China is currently undergoing one of the biggest internal migrations that any country has ever seen.
From 2016 to 2020 around 100 million people have moved from the countryside to China’s cities. This massive migration to cities means wastewater treatment plants numbers have multiplied to meet demand. At the beginning of the millennium China had around 500 municipal wastewater treatment plants; it now numbers above 4000.
Director Yanjing Zhu from the Swedish Environmental Research Institute’s China office, says that years of growing demand has led Chinese authorities and researchers to rethink how the country can use water in a better way. “Because of water scarcity, pollution, organisation and other issues, China realised that we shouldn’t see water as something to take and discard,” she said. ”We needed to change our ideas on this.”
She says that reused water in China mainly serves industry, park irrigation, and street cleaning. The current wastewater treatment plants face challenges such as high energy consumption, greenhouse gases emission and sludge. Future energy and waste requirements will likely drive the cost of these plants higher.
This problem has been known for some time; around 2013 an expert committee in China began thinking of how to develop modern treatment plants that could provide a sustainable, environmentally-friendly water supply.
A new wastewater treatment plant
The culmination of this research is a new wastewater treatment plant in Yixing, a city on China’s west coast and around 150 kilometres from Shanghai. Like many of China’s cities, it has seen its population double to 442 000 people in the last 25 years.
Each day the eight-hectare plant will be able to handle around 20 000 cubic metres of water – roughly equivalent to eight Olympic-sized swimming pools. The plant’s R&D centre will also test out different techniques to bring wastewater treatment into the circular economy by removing common chemicals found in wastewater and treating them to be reused.
”They are pollutants in our traditional way of thinking, but we should also see them as a resource,” said Ms Zhu. For example, the plant can recover and treat phosphorous to create fertiliser for farmers.
Another feature of this plant is the organic waste treatment center, where biogas is produced by anaerobic digestion of sludge and other organic matter. The plant can then use this biogas to produce electricity to help power itself. Any biogas residue can then be used as compost, once it has been checked for safety.
The plant offers China a way to test circular water solutions that can then be rolled out nationwide says Ms Zhu. This, and recent announcements from National Reform and Development Commission (NRDC) and Chinese ministries supporting circular water solutions shows that there is ”a good future” for water reuse, she says.
Forum
Ms Zhu recently spoke at the WaterShare conference held online on 14th April. The event brought experts from across Asia and Europe to share their experiences developing circular water solutions.

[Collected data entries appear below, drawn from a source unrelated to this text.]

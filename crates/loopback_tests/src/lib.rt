//! Tests of a drive that is served to many at a time, on sockets of this machine and in memory.
#![tactic(auto)]

#[cfg(test)]
mod tests;
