ghost use Rattle.std.specs.Prelude.{◌≡◌, ◌≢◌, ◌<◌, List, [], ◌∷◌, ◌++◌, None, not, false, map, filter, nat_eq, OnOk, IfOk, OnErr};
ghost use Rattle.std.specs.List.{All};
ghost use Rattle.std.specs.Option.{option_map, option_to_list};
ghost use Rattle.gd_item.specs.Inventory.{live_at, changed, with_place, with_bytes, version_of};
ghost use Rattle.gd_item.specs.Moves.{is_taken_by_other};
ghost use Rattle.gd_item.specs.Nodes.{live_node, child_at};
ghost use Rattle.gd_item.specs.declared.live.LiveItem.{LiveItem};

use super::Index;
use crate::counts::{count_less, count_more};
use crate::row::Row;
use crate::rows::{fill_row, insert_row, move_row, remove_row};
use crate::spot::make_spot;
use gd_item::{LiveItem, Version};
use gd_names::{Bytes, NoMemory, Text};

impl Index {
    /// Puts an item behind the others.
    pub fn push(&mut self, item: LiveItem) -> Result<(), NoMemory>
        requires above { All (λ (x : LiveItem). x.number < item.number) self.old }
        requires fresh { All (λ (x : LiveItem). x.change ≢ item.change) self.old }
        requires free { child_at item.parent item.name (map live_node self.old) ≡ None }
        ensures ok { OnOk result (self.new ≡ self.old ++ item ∷ []) }
        ensures kept { OnErr result (self.new ≡ self.old) }
    {
        let key = make_spot(self.alloc, item.parent, &item.name)?;
        let spot = make_spot(self.alloc, item.parent, &item.name)?;
        let parent = item.parent;
        // No folder has more children than there are items.
        let _count = self.rows.len();
        count_more(&mut self.counts, parent)?;
        match insert_row(
            &mut self.rows,
            &mut self.names,
            &mut self.changes,
            item,
            key,
            spot,
        ) {
            Ok(()) => Ok(()),
            Err(NoMemory) => {
                count_less(&mut self.counts, parent);
                Err(NoMemory)
            }
        }
    }

    /// The folder of the item of a number.
    fn folder_of(&self, number: u64) -> Option<u64>
        ensures { result ≡ option_map (λ (item : LiveItem). item.parent) (live_at number self.now) }
    {
        match self.get(number) {
            None => None,
            Some(item) => Some(item.parent),
        }
    }

    /// Gives the item of a number another folder and another name.
    pub fn place(
        &mut self,
        number: u64,
        change: u64,
        parent: u64,
        name: Text,
    ) -> Result<(), NoMemory>
        requires fresh { All (λ (x : LiveItem). x.change ≢ change) self.old }
        requires free { is_taken_by_other number parent name self.old ≡ false }
        ensures ok { OnOk result (self.new ≡ changed number (with_place change parent name) self.old) }
        ensures kept { OnErr result (self.new ≡ self.old) }
    {
        let Some(from) = self.folder_of(number) else {
            return Ok(());
        };
        let key = make_spot(self.alloc, parent, &name)?;
        let spot = make_spot(self.alloc, parent, &name)?;
        let _count = self.rows.len();
        count_more(&mut self.counts, parent)?;
        match move_row(
            &mut self.rows,
            &mut self.names,
            &mut self.changes,
            number,
            change,
            name,
            key,
            spot,
        ) {
            Ok(()) => {
                count_less(&mut self.counts, from);
                Ok(())
            }
            Err(NoMemory) => {
                count_less(&mut self.counts, parent);
                Err(NoMemory)
            }
        }
    }

    /// Gives new bytes to the item of a number, and takes out the version that stood in it.
    pub fn overwrite(
        &mut self,
        number: u64,
        change: u64,
        bytes: Bytes,
    ) -> Result<Option<Version>, NoMemory>
        requires fresh { All (λ (x : LiveItem). x.change ≢ change) self.old }
        ensures ok { OnOk result (self.new ≡ changed number (with_bytes change bytes) self.old) }
        ensures version { IfOk result (λ version. option_to_list version ≡ version_of (live_at number self.old)) }
        ensures kept { OnErr result (self.new ≡ self.old) }
    {
        let version = fill_row(&mut self.rows, &mut self.changes, number, change, bytes)?;
        Ok(version)
    }

    /// Takes out the item of a number.
    pub fn remove(&mut self, number: u64) -> Option<LiveItem>
        ensures item { result ≡ live_at number self.old }
        ensures others { self.new ≡ filter (λ item. not (nat_eq item.number number)) self.old }
    {
        match remove_row(&mut self.rows, &mut self.names, &mut self.changes, number) {
            None => None,
            Some(item) => {
                count_less(&mut self.counts, item.parent);
                Some(item)
            }
        }
    }
}
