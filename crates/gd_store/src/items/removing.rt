ghost use Rattle.std.specs.Prelude.{◌≡◌, ◌+◌, ◌<◌, ◌^◌, map, length, IfOk, OnOk, OnErr};
ghost use Rattle.gd_item.specs.Inventory.{Removed, after_all, live_at};
ghost use Rattle.gd_item.specs.Moves.{removal_order as order_for, remove_refusal, remove_effects};
ghost use Rattle.gd_item.specs.Refusals.{is_met as is_condition_met};
ghost use Rattle.gd_item.specs.Sound.{IsItemMap};

use super::Items;
use crate::look::is_known;
use crate::removing::{removal_order, remove_each};
use gd_item::{Condition, StoreFault};
use gd_names::NoMemory;

impl Items {
    ghost use Rattle.gd_store.specs.Stands.{Answers};

    /// The numbers of an item and of all below it, in the order in which they are removed.
    fn order_of_removal(&self, number: u64) -> Result<Vec<u64>, NoMemory>
        ensures { IfOk result (λ order. order.items ≡ order_for self.now number) }
    {
        removal_order(self.alloc, &self.index, number)
    }

    /// Why an item is not removed.
    fn removal_refusal(
        &self,
        number: u64,
        condition: &Condition,
        order: &[u64],
        is_met: bool,
    ) -> Option<StoreFault>
        requires order { order.now ≡ order_for self.now number }
        requires met { is_met ≡ is_condition_met condition.now (live_at number self.now.items) }
        ensures { result ≡ remove_refusal self.now number condition.now }
    {
        if !is_known(&self.index, number) {
            Some(StoreFault::NotFound)
        } else if number == 1 {
            Some(StoreFault::Root)
        } else if !is_met {
            Some(StoreFault::Modified)
        } else if u64::MAX - self.number < order.len() as u64 {
            Some(StoreFault::Quota)
        } else {
            None
        }
    }

    /// Removes the items of these numbers, one after the other.
    fn remove_all(&mut self, order: &[u64]) -> Result<(), NoMemory>
        requires number { self.old.number + length order.now < 2 ^ 64 }
        requires map { IsItemMap (after_all self.old (map Removed order.now)) }
        ensures ok { OnOk result (self.new ≡ after_all self.old (map Removed order.now)) }
        ensures err { OnErr result (self.new ≡ self.old) }
    {
        self.removed.reserve(order.len())?;
        remove_each(&mut self.index, &mut self.removed, order, self.number);
        self.number += order.len() as u64;
        Ok(())
    }

    /// Removes an item and all below it, or says why not.
    pub fn take_out(&mut self, number: u64, condition: &Condition) -> Result<(), StoreFault>
        ensures answer { Answers (remove_refusal self.old number condition.now) result
            (λ _. self.new ≡ after_all self.old (remove_effects self.old number)) }
        ensures kept { OnErr result (self.new ≡ self.old) }
    {
        if number == 1 {
            return Err(StoreFault::Root);
        }
        // What always holds of a store is used below.
        let _ = &self.index;
        let order = self.order_of_removal(number)?;
        let is_met = self.meets_at(number, condition)?;
        match self.removal_refusal(number, condition, order.as_slice(), is_met) {
            Some(fault) => return Err(fault),
            None => {}
        }
        self.remove_all(order.as_slice())?;
        Ok(())
    }
}
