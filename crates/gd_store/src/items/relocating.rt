ghost use Rattle.std.specs.Prelude.{◌≡◌, ◌+◌, ◌<◌, ◌^◌, nat_eq, true, false, Some, IfOk, OnOk, OnErr};
ghost use Rattle.std.specs.Option.{option_copied};
ghost use Rattle.gd_item.specs.Inventory.{Moved, after, live_at};
ghost use Rattle.gd_item.specs.Moves.{is_in as is_node_in, name_of, new_parent as parent_for, new_name as name_for, is_bad_name as is_name_bad, is_taken_by_other as is_name_taken, is_any_too_long, patch_refusal, patch_effect};
ghost use Rattle.gd_item.specs.Refused.{id_number};
ghost use Rattle.gd_item.specs.Refusals.{is_there, is_met as is_condition_met};
ghost use Rattle.gd_item.specs.Sound.{IsItemMap};
ghost use Rattle.gd_item.specs.Trees.{nodes_of};
ghost use Rattle.gd_store.specs.Stands.{record_after};

use super::{Items, is_bad_name};
use crate::edit::place_and_get;
use crate::look::{is_a_folder, is_known, is_taken_by_other};
use crate::moving::{is_in, would_any_be_long};
use gd_item::{Condition, Item, ItemId, StoreFault};
use gd_names::{NoMemory, Text};

/// Whether a name is given that no item may have.
fn is_bad_new_name(name: Option<&Text>) -> bool
    ensures { result ≡ is_name_bad (option_copied name.entry) }
{
    match name {
        None => false,
        Some(name) => is_bad_name(name),
    }
}

impl Items {
    ghost use Rattle.gd_store.specs.Stands.{Answers};

    /// The folder that an item gets which is moved so.
    fn new_parent(&self, number: u64, parent: Option<ItemId>) -> u64
        ensures { result ≡ parent_for self.now number (id_number parent) }
    {
        match parent {
            Some(id) => id.0,
            None => match self.index.get(number) {
                Some(item) => item.parent,
                None => 0,
            },
        }
    }

    /// The name of the item of a number, and the empty one where there is none.
    fn old_name(&self, number: u64) -> Result<Text, NoMemory>
        ensures { IfOk result (λ name. name ≡ name_of (live_at number self.now.items)) }
    {
        match self.index.get(number) {
            Some(item) => Ok(item.name.clone()?),
            None => Text::from_str(self.alloc, ""),
        }
    }

    /// The name that an item gets which is moved so.
    fn new_name(&self, number: u64, name: Option<&Text>) -> Result<Text, NoMemory>
        ensures { IfOk result (λ named. named ≡ name_for self.now number (option_copied name.entry)) }
    {
        match name {
            Some(name) => Ok(name.clone()?),
            None => self.old_name(number),
        }
    }

    /// Whether a folder is an item or stands below it.
    fn is_inside(&self, number: u64, folder: u64) -> bool
        ensures { result ≡ is_node_in (nodes_of self.now) number folder }
    {
        is_in(&self.index, number, folder)
    }

    /// Whether a path would be too long once an item is moved to a folder that is not inside it.
    fn is_long_once_moved(
        &self,
        number: u64,
        parent: u64,
        name: &Text,
        is_inside: bool,
    ) -> Result<bool, NoMemory>
        ensures { IfOk result (λ long. is_inside ≡ false → long ≡ is_any_too_long (after self.now (Moved number parent name.now)) number) }
    {
        if is_inside {
            return Ok(false);
        }
        let long = would_any_be_long(self.alloc, &self.index, number, parent, name)?;
        Ok(long)
    }

    /// Why an item is not moved.
    fn move_refusal(
        &self,
        number: u64,
        name: Option<&Text>,
        parent: Option<ItemId>,
        condition: &Condition,
        to: u64,
        named: &Text,
        is_met: bool,
        is_inside: bool,
        is_long: bool,
    ) -> Option<StoreFault>
        requires to { to ≡ parent_for self.now number (id_number parent) }
        requires named { named.now ≡ name_for self.now number (option_copied name) }
        requires met { is_met ≡ is_condition_met condition.now (live_at number self.now.items) }
        requires inside { is_inside ≡ is_node_in (nodes_of self.now) number to }
        requires long { is_inside ≡ false → is_long ≡ is_any_too_long (after self.now (Moved number to named.now)) number }
        ensures { result ≡ patch_refusal self.now number (option_copied name.entry) (id_number parent) condition.now }
    {
        if !is_known(&self.index, number) {
            Some(StoreFault::NotFound)
        } else if number == 1 {
            Some(StoreFault::Root)
        } else if is_bad_new_name(name) {
            Some(StoreFault::BadName)
        } else if !is_known(&self.index, to) {
            Some(StoreFault::NotFound)
        } else if !is_a_folder(&self.index, to) {
            Some(StoreFault::NotFolder)
        } else if !is_met {
            Some(StoreFault::Modified)
        } else if is_inside {
            Some(StoreFault::IntoItself)
        } else if is_taken_by_other(&self.index, number, to, named) {
            Some(StoreFault::NameTaken)
        } else if is_long {
            Some(StoreFault::PathTooLong)
        } else if self.is_full(0, 0, 0) {
            Some(StoreFault::Quota)
        } else {
            None
        }
    }

    /// The folder and the name that an item gets which is moved so, or why it is not moved.
    fn allow_move(
        &self,
        number: u64,
        name: Option<&Text>,
        parent: Option<ItemId>,
        condition: &Condition,
    ) -> Result<(u64, Text), StoreFault>
        ensures { Answers (patch_refusal self.now number (option_copied name.entry) (id_number parent) condition.now) result
            (λ place. (place.0 ≡ parent_for self.now number (id_number parent)) × (place.1 ≡ name_for self.now number (option_copied name.entry))) }
    {
        let to = self.new_parent(number, parent);
        let named = self.new_name(number, name)?;
        let is_inside = self.is_inside(number, to);
        let is_long = self.is_long_once_moved(number, to, &named, is_inside)?;
        let is_met = self.meets_at(number, condition)?;
        match self.move_refusal(
            number, name, parent, condition, to, &named, is_met, is_inside, is_long,
        ) {
            Some(fault) => Err(fault),
            None => Ok((to, named)),
        }
    }

    /// Moves the item of a number.
    fn move_to(&mut self, number: u64, parent: u64, name: Text) -> Result<(), NoMemory>
        requires number { self.old.number + 1 < 2 ^ 64 }
        requires free { is_name_taken number parent name self.old.items ≡ false }
        requires map { IsItemMap (after self.old (Moved number parent name)) }
        ensures ok { OnOk result (self.new ≡ after self.old (Moved number parent name)) }
        ensures err { OnErr result (self.new ≡ self.old) }
    {
        self.index.place(number, self.number + 1, parent, name)?;
        self.number += 1;
        Ok(())
    }

    /// Moves an item, or says why not.
    pub fn relocate(
        &mut self,
        number: u64,
        name: Option<&Text>,
        parent: Option<ItemId>,
        condition: &Condition,
    ) -> Result<(), StoreFault>
        ensures answer { Answers (patch_refusal self.old number (option_copied name.entry) (id_number parent) condition.now) result
            (λ _. self.new ≡ after self.old (patch_effect self.old number (option_copied name.entry) (id_number parent))) }
        ensures kept { OnErr result (self.new ≡ self.old) }
    {
        // What always holds of a store is used below.
        let _ = &self.index;
        let target = self.allow_move(number, name, parent, condition)?;
        let (to, named) = target;
        self.move_to(number, to, named)?;
        Ok(())
    }

    /// Moves the item of a number, and gives its record with the path of its new folder.
    fn move_and_get(&mut self, number: u64, parent: u64, name: Text) -> Result<Item, NoMemory>
        requires number { self.old.number + 1 < 2 ^ 64 }
        requires there { is_there number (nodes_of self.old) ≡ true }
        requires not_root { nat_eq number 1 ≡ false }
        requires free { is_name_taken number parent name self.old.items ≡ false }
        requires map { IsItemMap (after self.old (Moved number parent name)) }
        ensures ok { IfOk result (λ made. (record_after self.old (Moved number parent name) ≡ Some made) × (self.new ≡ after self.old (Moved number parent name))) }
        ensures err { OnErr result (self.new ≡ self.old) }
    {
        let change = self.number + 1;
        let made = place_and_get(self.alloc, &mut self.index, number, change, parent, name)?;
        self.number = change;
        Ok(made)
    }

    /// Moves an item and gives its record, or says why not.
    pub fn relocate_and_get(
        &mut self,
        number: u64,
        name: Option<&Text>,
        parent: Option<ItemId>,
        condition: &Condition,
    ) -> Result<Item, StoreFault>
        ensures answer { Answers (patch_refusal self.old number (option_copied name.entry) (id_number parent) condition.now) result
            (λ item. (record_after self.old (patch_effect self.old number (option_copied name.entry) (id_number parent)) ≡ Some item)
            × (self.new ≡ after self.old (patch_effect self.old number (option_copied name.entry) (id_number parent)))) }
        ensures kept { OnErr result (self.new ≡ self.old) }
    {
        // What always holds of a store is used below.
        let _ = &self.index;
        let target = self.allow_move(number, name, parent, condition)?;
        let (to, named) = target;
        let made = self.move_and_get(number, to, named)?;
        Ok(made)
    }
}
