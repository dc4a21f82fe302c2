ghost use Rattle.std.specs.Prelude.{◌≡◌, ◌<◌, ℕ, true, List, Some, length, IfOk, OnOk, IsErrOf};
ghost use Rattle.std.specs.List.{All};
ghost use Rattle.gd_names.specs.Streams.{Rose};
ghost use Rattle.gd_item.specs.Ids.{item_id};
ghost use Rattle.gd_item.specs.declared.item.Item.{Item};
ghost use Rattle.gd_item.specs.declared.request.Request.TheVariants.{Delta};
ghost use Rattle.gd_item.specs.declared.step.Step.{Step};
ghost use Rattle.od_keeper.specs.Keeping.{HasKeeperCause, Stay};
ghost use Rattle.od_keeper.specs.Sound.{IsSound};
ghost use Rattle.od_keeper.specs.Undisturbed as keeper_alone;
ghost use Rattle.od_transfer.specs.Undisturbed as remote_alone;
ghost use Rattle.od_tree.specs.Undisturbed as tree_alone;
ghost use Rattle.od_sync.specs.Deltas.{AsksDelta, EndsUnserved};
ghost use Rattle.od_sync.specs.Ends.{HasStopCause, counts};
ghost use Rattle.od_sync.specs.Receiving.{AreSides, Keeps};
ghost use Rattle.od_sync.specs.Pulls.{StopsBad};
ghost use Rattle.od_sync.specs.Scans.{GrowsByLooks};
ghost use Rattle.od_sync.specs.Serving.{Leaves, Serves};
ghost use Rattle.od_sync.specs.Syncing.{Goes, Meets};

use crate::agreeing::agree;
use crate::committing::commit;
use crate::ends::SyncStop;
use crate::receiving::{Received, receive};
use crate::scanning::{Node, scan};
use gd_item::Item;
use gd_names::{List, Path};
use od_keeper::{Image, Keeper, KeeperFault};
use od_transfer::Remote;
use od_tree::Tree;
use std::alloc::Global;

/// What both sides have, each in order of path, and the image that was committed then.
#[derive(Debug, Drop)]
pub struct Sides {
    pub image: Image,
    pub local: List<(Path, Node)>,
    pub remote: List<(Path, Item)>,
}

/// Commits what both sides agree on.
fn commit_agreement<K: Keeper>(
    alloc: Global,
    keeper: &mut K,
    received: Received,
    local: List<(Path, Node)>,
) -> Result<Sides, KeeperFault>
    ensures sides { IfOk result (λ sides. AreSides received local sides) }
    ensures images { Keeps received.image (λ sides. sides.image) (K.images keeper.old) (K.images keeper.new) result }
    ensures cause { HasKeeperCause (K.faults keeper.old) (K.faults keeper.new) result }
    ensures undisturbed { keeper_alone.Undisturbed (K.undisturbed keeper.old) (K.undisturbed keeper.new) (K.faults keeper.old) (K.faults keeper.new) }
{
    let Received { image, remote } = received;
    let change = agree(
        alloc,
        image.rows.as_slice(),
        local.as_slice(),
        remote.as_slice(),
    )?;
    let image = commit(alloc, keeper, &image, &change)?;
    Ok(Sides {
        image,
        local,
        remote,
    })
}

/// Looks at both sides: pulls the drive and commits what was pulled, scans the folder, and commits what both agree on.
pub fn look<R: Remote, T: Tree, K: Keeper>(
    alloc: Global,
    remote: &mut R,
    tree: &mut T,
    keeper: &mut K,
    image: Image,
) -> Result<Sides, SyncStop>
    ensures goes { Goes (λ drive. IsSound image drive) image (R.log remote.old) (R.log remote.new) (T.log tree.old) (T.log tree.new) (K.images keeper.old) (K.images keeper.new) }
    ensures meets { IfOk result (λ sides. Meets image sides (R.log remote.old) (R.log remote.new) (T.log tree.old) (T.log tree.new) (K.images keeper.old) (K.images keeper.new)) }
    ensures looks { GrowsByLooks 1 (T.log tree.old) (T.log tree.new) }
    ensures asks { AsksDelta (IsErrOf result SyncStop.Memory) image.token (R.log remote.old) (R.log remote.new) }
    ensures below { IfOk result (λ sides. All (λ (entry : List (List ℕ) × Item). 0 < length entry.0) sides.remote) }
    ensures bad { (n : ℕ) → IsErrOf result (SyncStop.BadPages (item_id n)) → StopsBad image.items image.token (R.log remote.old) (R.log remote.new) n }
    ensures bad_stays { (n : ℕ) → IsErrOf result (SyncStop.BadPages (item_id n)) → Stay (K.images keeper.old) (K.images keeper.new) }
    ensures unserved { IsErrOf result SyncStop.Unserved → (drive : List Step) → R.log remote.old ≡ Some drive → EndsUnserved (Delta image.token) drive (R.log remote.new) }
    ensures serves { Serves image (R.log remote.old) (R.log remote.new) (K.images keeper.old) (K.images keeper.new) }
    ensures last { IfOk result (λ sides. Leaves image sides.image (K.images keeper.old) (K.images keeper.new)) }
    ensures answered { OnOk result (Rose (R.answers remote.old) (R.answers remote.new)) }
    ensures cause { HasStopCause
        (counts (R.faults remote.old) (R.answers remote.old) (R.in_row remote.old) (T.faults tree.old) (K.faults keeper.old))
        (counts (R.faults remote.new) (R.answers remote.new) (R.in_row remote.new) (T.faults tree.new) (K.faults keeper.new)) result }
    ensures remote_alone { remote_alone.Undisturbed (R.undisturbed remote.old) (R.undisturbed remote.new) (R.log remote.old) (R.log remote.new) }
    ensures no_faults { R.undisturbed remote.old ≡ true → remote_alone.MayBeServed (Delta image.token) (R.log remote.old) → R.faults remote.new ≡ R.faults remote.old }
    ensures tree_alone { tree_alone.Undisturbed (T.undisturbed tree.old) (T.undisturbed tree.new) (T.faults tree.old) (T.faults tree.new) (T.log tree.old) (T.log tree.new) }
    ensures keeper_alone { keeper_alone.Undisturbed (K.undisturbed keeper.old) (K.undisturbed keeper.new) (K.faults keeper.old) (K.faults keeper.new) }
{
    let received = receive(alloc, remote, keeper, &image)?;
    let local = scan(tree, alloc)?;
    let sides = commit_agreement(alloc, keeper, received, local)?;
    Ok(sides)
}
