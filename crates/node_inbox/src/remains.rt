//! What an inbox kept.
use crate::approved_places::ApprovedPlaces;
use crate::kept_active::KeptActive;
use crate::kept_items::KeptItems;
use inbox_registry::Registry;
use prepare_request::HostedIds;

/// What an inbox kept, when nobody asks it any more. It borrows nothing, so it is dropped, or forgotten, when whoever has it says.
#[derive(Drop)]
pub struct InboxRemains {
    items: KeptItems,
    registry: Registry,
    hosted: HostedIds,
    approved: ApprovedPlaces,
    active: Option<KeptActive>,
}

impl InboxRemains {
    /// Puts together what an inbox kept, of its parts.
    pub(crate) fn new(
        items: KeptItems,
        registry: Registry,
        hosted: HostedIds,
        approved: ApprovedPlaces,
        active: Option<KeptActive>,
    ) -> InboxRemains {
        InboxRemains {
            items,
            registry,
            hosted,
            approved,
            active,
        }
    }
}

Conferences such as WaterShare are needed in the research community, says Dr Zhu. ”On the one hand Chinese partners say that they are looking for new technologies abroad,” she says. ”But on the other hand, these technologies perhaps already exist in Europe and abroad. Effective channels to connect China and Europe are lacking.
One benefit of the Yixing plant, she says is that it can also test new technologies from abroad to see if they work well for Chinese needs.
In the future she would like to see similar ways to communicate circular water solutions, since many solutions are equally applicable outside of Asia. ”From my perspective there should be a very good platform where stakeholders from different countries can come together through scientific workshops, matchmaking events, and conferences,” she says.
”I think this exchange should not just be in one direction; there are also some good practices from China that can be transferred to European partners.”